Local officials believe they hold leverage over the merged airline. Northwest owes the airport commission $245 million for bonds issued on the airline's behalf. Northwest also stands to lose an additional $200 million in lower rent and airport concession revenues if the hub or the headquarters leaves.

"If the headquarters moves, the $245 million becomes due and payable," said Lanners, the airport commission chairman. "That's not chump change, even for a $10[billion]-20 billion merged entity. That agreement will get us to the table and define the parameters of exactly what's going to happen."

Minnesota bailed out Northwest in 1992 with $761 million in loans and incentives. The airline promised, in return, to build an engine maintenance facility in Hibbing (minimum 500 new jobs) and to maintain three hangars in Duluth (1,000-plus proposed jobs). Northwest also promised to keep intact its 18,000-member Minnesota work force.

Two years later the deal was renegotiated. The Hibbing plant was canceled. The Duluth site was closed in 2005 during a mechanics strike.

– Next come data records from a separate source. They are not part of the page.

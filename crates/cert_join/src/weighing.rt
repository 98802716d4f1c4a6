// Which of several trees of one place is taken.
ghost use Rattle.std.specs.Prelude.{◌≡◌, [], ◌∷◌, ◌++◌, ℕ, List, MatchOption, map};
ghost use Rattle.cover_model.specs.Rules.{Line};
ghost use Rattle.cover_model.specs.Derivation.{Tree};
ghost use Rattle.cert_join.specs.Ahead.{AreBefore};
ghost use Rattle.cert_join.specs.Kinds.{rule_text};
ghost use Rattle.cert_join.specs.Spot.{Spot, IsBefore, IsMark};
ghost use Rattle.cert_join.specs.Weighed.{AreAhead, AreApart, Branch, IsChoosing, IsChosen, IsGone, IsLeft, IsWeighStep, IsWeighing, IsWithin, behind_next, behind_tree, first_closing, forest_texts, passed};

use crate::cursor::{Cursor, Mark};
use crate::joiner::Step;
use crate::line::{Left, left_of};

/// Goes through the trees that several certificates have at one place, one after the other, to see what they leave.
#[derive(Drop)]
pub struct Weighing {
    parts: Vec<usize>,
    // Which of them is gone through, and how many states wait in its tree.
    place: usize,
    waiting: u64,
    // Where its tree begins, once that is known, and whether a state of it stays.
    mark: Option<Mark>,
    leaves: bool,
    // The first tree, and the first that leaves nothing, each with where it begins.
    first: Option<(usize, Mark)>,
    closed: Option<(usize, Mark)>,
}

// What the certificate's next line leaves; none where more has to be read first.
fn left_of_next(cursor: &mut Cursor) -> Option<Left>
    ensures same { cursor.new ≡ record cursor.old { size = cursor.new.size } }
    ensures left { (cert : List ℕ) (r : Line) (ls : List (List ℕ)) →
        IsBefore cert (rule_text r ∷ ls) cursor.old → IsLeft r cursor.new result }
{
    if cursor.is_ready() {
        Some(left_of(cursor.text()))
    } else {
        None
    }
}

impl Weighing {
    /// The certificates have trees ahead, at least one.
    pub fn new(parts: Vec<usize>) -> Self
        ensures { (certs : List (List ℕ)) (lines : List (List (List ℕ))) (spots : List Spot) →
            (b : Branch) (more : List Branch) →
            parts.items ≡ map (λ (c : Branch). c.part) (b ∷ more) →
            AreBefore certs lines spots → AreAhead lines (b ∷ more) → AreApart (b ∷ more) →
            IsWeighing certs (first_closing b (b ∷ more)) (passed (b ∷ more) lines) result spots }
    {
        Weighing {
            parts,
            place: 0,
            waiting: 1,
            mark: None,
            leaves: false,
            first: None,
            closed: None,
        }
    }

    /// The certificate whose tree is taken, once all were gone through, and where the tree begins.
    pub fn chosen(&self) -> Option<(usize, Mark)>
        ensures { (certs : List (List ℕ)) (taken : Branch) →
            IsChoosing certs taken [] self.now.first self.now.closed →
            IsChosen certs taken result }
    {
        match self.closed {
            Some(closed) => Some(closed),
            None => self.first,
        }
    }

    // A tree was gone through.
    fn end_tree(&mut self, part: usize, mark: Mark)
        ensures { self.new ≡ behind_tree part mark self.old }
    {
        if self.first.is_none() {
            self.first = Some((part, mark));
        }
        if self.closed.is_none() && !self.leaves {
            self.closed = Some((part, mark));
        }
        self.place = self.place.saturating_add(1);
        self.waiting = 1;
        self.mark = None;
        self.leaves = false;
    }

    // Takes what a line leaves, of the tree of this certificate that begins at the mark.
    fn take(&mut self, part: usize, mark: Mark, left: Left)
        ensures { self.new ≡ behind_next part mark left self.old }
    {
        self.waiting = left.waiting(self.waiting);
        self.leaves = self.leaves || left.stays();
        if self.waiting == 0 {
            self.end_tree(part, mark);
        }
    }

    // Where the tree begins, in which the cursor stands.
    fn mark_at(&self, cursor: &Cursor) -> Mark
        ensures { MatchOption self.now.mark (IsMark cursor.now result) (λ m. result ≡ m) }
    {
        match self.mark {
            Some(mark) => mark,
            None => cursor.mark(),
        }
    }

    // Passes one more line of the certificate.
    fn step_in(&mut self, part: usize, cursor: &mut Cursor) -> Step
        ensures { (cert : List ℕ) (b : Branch) (left : List Tree) → part ≡ b.part →
            IsWithin cert b left self.old →
            IsBefore cert (forest_texts left ++ b.behind) cursor.old →
            IsGone cert b self.old self.new cursor.new result }
    {
        let mark = self.mark_at(cursor);
        self.mark = Some(mark);
        match left_of_next(cursor) {
            Some(left) => {
                cursor.pass();
                self.take(part, mark, left);
                Step::On
            }
            None => Step::Read(part),
        }
    }

    /// Passes one more line.
    pub fn step(&mut self, cursors: &mut [Cursor]) -> Step
        ensures { (certs : List (List ℕ)) (taken : Branch) (end : List (List (List ℕ))) →
            IsWeighing certs taken end self.old cursors.old →
            IsWeighStep certs taken end self.new cursors.new result }
    {
        if self.place >= self.parts.len() {
            return Step::Over;
        }
        let part = self.parts[self.place];
        if part >= cursors.len() {
            return Step::Over;
        }
        self.step_in(part, &mut cursors[part])
    }
}
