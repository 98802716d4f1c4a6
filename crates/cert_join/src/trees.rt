// The main tree of the joined certificate.
ghost use Rattle.std.specs.Prelude.{◌≡◌, ◌<◌, ◌∷◌, ◌++◌, ℕ, List, [], Some, IfNone, IfOk, MatchBool, OnOk, length};
ghost use Rattle.cover_model.specs.Rules.{Line};
ghost use Rattle.cover_model.specs.Derivation.{Tree};
ghost use Rattle.cert_read.specs.CertLine.{rule_line};
ghost use Rattle.cert_read.specs.LineText.{IsSpelled};
ghost use Rattle.cert_join.specs.Kinds.{left_kind, rule_text};
ghost use Rattle.cert_join.specs.Spot.{Spot, line_in};
ghost use Rattle.cert_join.specs.declared.trees.Task.TheVariants as task;
ghost use Rattle.cert_join.specs.Due.{AllGo, AllLeave, AreTaken, Course, IsAfter, IsCopying, IsDue, IsDueBehind, IsDueWeighed, IsHere, IsNextDue, stacked, with_behind};
ghost use Rattle.cert_join.specs.Gathered.{AllReady, AllThere, AreAlike, AreDistinct, AreNext, ArePassed, AreResized, Meeting, going, leaving, lists_of, numbers_at, parts_of, spot_at, text_at};
ghost use Rattle.cert_join.specs.Joining.{IsFirstOf};

use crate::cursor::Cursor;
use crate::joiner::{ROOM, Step};
use crate::line::{Left, append_renumbered, left_of, names_before};
use crate::weighing::Weighing;
use std::alloc::{AllocError, Global};
use std::mem;

// What is done next.
#[derive(Drop)]
enum Task {
    // The trees of the next place are compared.
    Compare,
    // The rest of a certificate's tree is copied, in which so many states wait.
    Copy { part: usize, waiting: u64 },
    Weigh(Weighing),
}

/// Goes through the main trees side by side.
#[derive(Drop)]
pub struct Trees {
    alloc: Global,
    // The places where a tree is due, the next one last: the certificates that have a tree there.
    places: Vec<Vec<usize>>,
    task: Task,
    /// Whether a line was dropped that another certificate does not have: one of a tree that was not taken, or one
    /// that says that a state is stuck; or one was gone through that an accepted certificate does not have.
    pub dropped: bool,
}

// What the certificate's next line leaves.
fn left_at(cursors: &[Cursor], part: usize) -> Left
    ensures { part < length cursors.now → (r : Line) →
        line_in (spot_at cursors.now part) ≡ Some (rule_text r) → result ≡ left_kind r }
{
    if part >= cursors.len() {
        return Left::Unknown;
    }
    left_of(cursors[part].text())
}

// The numbers of a certificate's lemmas.
fn numbers_of(numbers: &[Vec<u32>], part: usize) -> &[u32]
    ensures { result.now ≡ numbers_at (lists_of numbers.now) part }
{
    if part >= numbers.len() {
        return &[];
    }
    &numbers[part]
}

// Passes a certificate's next line.
fn pass_at(cursors: &mut [Cursor], part: usize)
    ensures { ArePassed (part ∷ []) cursors.old cursors.new }
{
    if part < cursors.len() {
        cursors[part].pass();
    }
}

// Passes the next line of each of these certificates.
fn pass_all(cursors: &mut [Cursor], parts: &[usize])
    ensures { AreDistinct parts.now → ArePassed parts.now cursors.old cursors.new }
{
    for part in parts {
        pass_at(cursors, *part);
    }
}

// Appends a certificate's next line without its break.
fn append_at(
    cursors: &[Cursor],
    numbers: &[Vec<u32>],
    part: usize,
    text: &mut Vec<u8>,
) -> Result<(), AllocError>
    ensures { OnOk result (part < length cursors.now → (r : Line) →
        line_in (spot_at cursors.now part) ≡ Some (rule_text r) → IsSpelled (rule_line r) →
        text.new.items ≡ text.old.items ++ text_at (lists_of numbers.now) part r) }
{
    if part >= cursors.len() {
        return Ok(());
    }
    append_renumbered(text, cursors[part].text(), numbers_of(numbers, part))
}

// The first of these certificates whose next line is not there yet.
fn unread_of(cursors: &mut [Cursor], parts: &[usize]) -> Option<usize>
    ensures same { AreResized cursors.old cursors.new }
    ensures ready { IfNone result (AllReady parts.now cursors.new) }
{
    for part in parts {
        if *part < cursors.len() && !cursors[*part].is_ready() {
            return Some(*part);
        }
    }
    None
}

// Whether the certificate's next line, which leaves this, is none that an accepted one has.
fn is_odd_at(cursors: &[Cursor], numbers: &[Vec<u32>], part: usize, left: Left) -> bool {
    if part >= cursors.len() || left == Left::Unknown {
        return true;
    }
    !names_before(cursors[part].text(), numbers_of(numbers, part).len())
}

Northwest entered bankruptcy that year. In all, the airline has lost $7.5 billion since 2001. Jobs have been cut 20 percent with remaining workers taking pay cuts between 11.5 percent and 35 percent.

"We're very concerned about operations centers, call centers, maintenance centers, leases on various facilities and, of course, headquarters jobs," Lanners said. "Mergers and cost-cutting — we've been there, done that. That's not a long-term solution for survival."

Civic boosterism

No community escapes unscathed the loss of jobs and prestige bestowed by a Fortune 500 headquarters. The disappearance of an airline headquarters — doubly important when recruiting new businesses to the region — is especially nettlesome.

Yet some of those "stoic and cold" Minnesotans profess not to be worried. On a per capita basis, civic boosters note, Minnesota is home to more Fortune 500 companies than any other state. Target, U.S. Bancorp, General Mills, Medtronic, 3M, The Travelers Cos. — a Who's Who of corporate America.

Then why the PR campaign to put the Twin Cities on the radar of tourists and businesses? Half of respondents to the bureau's 2007 survey felt there was "no reason to visit" and that the region is "only about lakes, fishing, flannel shirts, etc."

Ouch.

Is Minnesota "losing ground?"

"I don't think so," said Jay Novak, a magazine publisher who heads the Twin Cities' convention and visitors bureau. "Minnesota will be a wonderful place to live, a great place to visit and a place where businesses, and the people working for them, will prosper long into the future — the potential loss of Northwest Airlines' headquarters notwithstanding."